Marquit, Amanda 1986(?)–
Marquit, Amanda 1986(?)–
PERSONAL: Born c. 1986.
ADDRESSES: Home—New York, NY. Agent—c/o Arthur Klebanoff, Scott Meredith Literary Agency, 200 West 57th Street, New York, NY 10019.
CAREER: Writer.
WRITINGS:
Shut the Door (novel), St. Martin's Press (New York, NY), 2005.
SIDELIGHTS: Teenage novelist Amanda Marquit was a student at the Professional Children's School in New York City when she published her debut novel, Shut the Door. An accomplished pianist and ballet dancer, she studied dance at the School of American Ballet, dramatic arts at the Stella Adler Sudio of Acting, has performed original compositions for piano and guitar, and has written several poems and short stories.
Marquit's novel is "the story of a dysfunctional suburban American family told from four points of view," commented a writer on ElevenMagazine.com. Husband Harry, feeling stifled and stagnated in his marriage, consorts with prostitutes and revels in the freedom found in a business trip away from his family. Wife Beatrice, the perfect suburban homemaker, finds that, without Harry, there is nothing in her life that gives her any meaning. Neglected daughters Lilliana, sixteen, and Vivian, seventeen, "grapple with problems that read like the worst case scenario of every parent's fears—promiscuity, drink, drugs, self-mutilation, and anorexia," the ElevenMagazine.com writer remarked.
While Harry is away, Beatrice blithely continues cooking his favorite meals, as if by some sort of domestic magic she can bring him back unchanged. Lilliana engages in frequent casual sex until she develops a crush on her guitar teacher, a college student who resists her advances. In response, Lilliana develops the habit of cutting herself with a fearsome variety of sharp objects. The more restrained Vivian abruptly experiences a role-reversal, dying her hair, getting tat-tooed and pierced, developing anorexia, and seeking admittance to the "mean girl" clique at school. Through it all, Beatrice edges closer to a catastrophic nervous breakdown.
Inspired by her reading of Nabokov's Lolita, Marquit started the novel at age fourteen as a short story written during a summer drama program. She finished the book two years later. Marquit attributes luck and timing to the publication of her novel. After she finished the book, Marquit and her parents asked a family friend, a nonfiction agent, for advice on submitting the book to fiction publishers. The agent "became really interested in it himself, and he wanted to take me on," Marquit said in an interview with Boris Kachka for New York Magazine. "I was really lucky."

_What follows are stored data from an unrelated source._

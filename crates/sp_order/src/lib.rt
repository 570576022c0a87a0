//! Series-parallel jobs: how the leaves of a job are composed, and which leaf is before which.
//!
//! This crate defines the precedence of leaves, over which a report's promise is stated: each leaf ran after all leaves
//! before it. It stands on `seq_objects`, which defines what a leaf does.
#![tactic(auto)]

pub mod job;
pub mod laws;
pub mod node;
pub mod object_laws;
mod objects;
pub mod plan;
pub mod planned;
pub mod shape;
pub mod sources;

pub use job::Job;
pub use node::{Kind, Move};
pub use plan::Plan;
pub use planned::PlannedJob;
pub use shape::Shape;
pub use sources::{low_bits, with_value};
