//! The numbers of the objects that a job's leaves call.
ghost use Rattle.std.specs.Prelude.{◌≡◌, length};
ghost use Rattle.sp_order.specs.Objects.{numbered as on_object, with_numbers as on_objects};

use seq_objects::Act;

/// The act, called on the object with this number if it is a call.
fn numbered(act: Act, number: u32) -> Act
    ensures { result ≡ on_object act number }
{
    match act {
        Act::Work(steps) => Act::Work(steps),
        Act::Call(op) => Act::Call(op.with_number(number)),
    }
}

/// The acts, each call on the object with the number at its place. It takes no memory.
pub(crate) fn with_numbers(mut acts: Vec<Act>, numbers: &[u32]) -> Vec<Act>
    requires { length numbers.now ≡ length acts.items }
    ensures { result.items ≡ on_objects acts.items numbers.now }
{
    for (leaf, number) in numbers.iter().enumerate() {
        acts[leaf] = numbered(acts[leaf], *number);
    }
    acts
}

A Kirkus Reviews critic observed that Marquit "skillfully interweaves recurring motifs," including physical rooms that serve to isolate the characters from each other—Beatrice's kitchen, the girls' bedrooms, Harry's hotel room. In the novel's "shocking close, implacable ironies descend on the family, but the heavy-handed, one-dimensional portrayals cheapen the thrills," the reviewer noted. "It's to Marquit's credit that she makes an effort to get inside the heads of all four of her characters," commented a Publishers Weekly reviewer, who also found echoes of Joyce Carol Oates in Marquit's "breathy, italics-heavy narration and dark subject matter."
BIOGRAPHICAL AND CRITICAL SOURCES:
PERIODICALS
Kirkus Reviews, October 1, 2004, review of Shut the Door, p. 933.
New York Magazine, January 17, 2005, Boris Kachka, "Teen Novelist: Amanda Marquit."
Publishers Weekly, December 20, 2004, review of Shut the Door, p. 37.
Teen Vogue, February, 2005, "People Are Talking About …," p. 74.
US, January 31, 2005, "US Musts—Hot Book Picks," p. 90.